[Saved data entries]
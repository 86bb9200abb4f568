// `Fault` (enum): why the program ends early, with the text that it prints on standard error and its exit status.

ghost use Rattle.std.specs.Prelude.{◌≤◌};

use crate::screen::Screen;
use command_words::{Misuse, Usage};
use grade_reports::Visible;
use std::alloc::{AllocError, AllocFailed, Global};
use std::{fmt, io};

/// Why the program ends before its end.
#[derive(Drop)]
pub enum Fault {
    /// The command line is wrong, or asks for help or the version.
    CommandLine(Usage),
    /// A word of the command line is wrong, and how.
    Word(String),
    /// The host is out of memory.
    Memory,
    /// A script cannot be opened or read.
    File(String, io::Error),
    /// A script cannot be read, of which only the reader is known.
    Read(io::Error),
    /// Printing fails.
    Io(io::Error),
    /// The machine answers a line otherwise than a generator predicts: where, and how.
    Differs(String),
    /// A script is refused, or answers differ; it was told.
    Told,
}

impl Fault {
    /// Returns why the program ends if its reader failed with this error.
    pub fn of_reading(error: io::Error) -> Fault {
        match error.kind() {
            io::ErrorKind::OutOfMemory => Fault::Memory,
            _ => Fault::Read(error),
        }
    }

    /// Returns the exit status: 2 for a wrong command line, 0 if it asks for help or the version, else 1.
    pub fn status(&self) -> u8
        ensures { result ≤ 2 }
    {
        match self {
            Fault::CommandLine(usage) if usage.is_asked() => 0,
            Fault::CommandLine(_) | Fault::Word(_) => 2,
            Fault::Memory
            | Fault::File(_, _)
            | Fault::Read(_)
            | Fault::Io(_)
            | Fault::Differs(_)
            | Fault::Told => 1,
        }
    }

    /// Returns why a file cannot be opened or read; empty of other faults.
    pub fn because(&self, alloc: Global) -> Result<String, AllocError> {
        match self {
            Fault::File(_, error) | Fault::Read(error) => {
                let because = Because(error);
                format!(in alloc; "{because}")
            }
            _ => Ok(String::new(alloc)),
        }
    }

    /// Returns that a word of the command line is wrong, and how.
    pub fn of_word(alloc: Global, text: &str) -> Fault {
        match String::from_str(alloc, text) {
            Ok(text) => Fault::Word(text),
            Err(_) => Fault::Memory,
        }
    }

    /// Returns that a file cannot be opened, read or written.
    pub fn of_file(alloc: Global, name: &str, error: io::Error) -> Fault {
        match String::from_str(alloc, name) {
            Ok(name) => Fault::File(name, error),
            Err(_) => Fault::Memory,
        }
    }

    /// Tells why the program ends, unless it was told.
    pub fn tell<S: Screen>(&self, screen: &mut S) {
        match self {
            Fault::Told => {}
            Fault::CommandLine(usage) if usage.is_asked() => { screen.out(format_args!("{usage}")) }
            Fault::CommandLine(usage) => screen.err(format_args!("{usage}")),
            fault => screen.err(format_args!("{fault}\n")),
        }
    }
}

/// What failed, in words.
#[derive(Clone, Copy)]
struct Because<'a>(&'a io::Error);

impl fmt::Display for Because<'_> {
    fn fmt<W: fmt::Write>(&self, f: &mut fmt::Formatter<W>) -> fmt::Result {
        match self.0.kind() {
            io::ErrorKind::NotFound => write!(f, "No such file or directory"),
            io::ErrorKind::PermissionDenied => write!(f, "Permission denied"),
            io::ErrorKind::IsADirectory => write!(f, "Is a directory"),
            io::ErrorKind::NotADirectory => write!(f, "Not a directory"),
            _ => {
                let error = self.0;
                write!(f, "{error}")
            }
        }
    }
}

impl fmt::Display for Fault {
    fn fmt<W: fmt::Write>(&self, f: &mut fmt::Formatter<W>) -> fmt::Result {
        match self {
            Fault::CommandLine(usage) => write!(f, "{usage}"),
            Fault::Word(text) => {
                let text = text.as_str();
                write!(f, "xv6lab: {text}")
            }
            Fault::Memory => write!(f, "xv6lab: out of memory"),
            Fault::File(name, error) => {
                let (name, because) = (Visible(name.as_str()), Because(error));
                write!(f, "{name}: {because}")
            }
            Fault::Read(error) | Fault::Io(error) => {
                let because = Because(error);
                write!(f, "xv6lab: {because}")
            }
            Fault::Differs(text) => write!(f, "{text}"),
            Fault::Told => Ok(()),
        }
    }
}

impl From<AllocError> for Fault {
    fn from(_e: AllocError) -> Fault {
        Fault::Memory
    }
}

/// A value that found no place in a list.
impl<T: Drop> From<AllocFailed<T>> for Fault {
    fn from(_e: AllocFailed<T>) -> Fault {
        Fault::Memory
    }
}

impl From<io::Error> for Fault {
    fn from(error: io::Error) -> Fault {
        match error.kind() {
            io::ErrorKind::OutOfMemory => Fault::Memory,
            _ => Fault::Io(error),
        }
    }
}

impl From<Misuse> for Fault {
    fn from(misuse: Misuse) -> Fault {
        match misuse {
            Misuse::Usage(usage) => Fault::CommandLine(usage),
            Misuse::Word(text) => Fault::Word(text),
            Misuse::Memory => Fault::Memory,
        }
    }
}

**Exercise brief**
Using the entries above, tally every line that holds the word "program". Answer with that number only.

**Result of this task**
4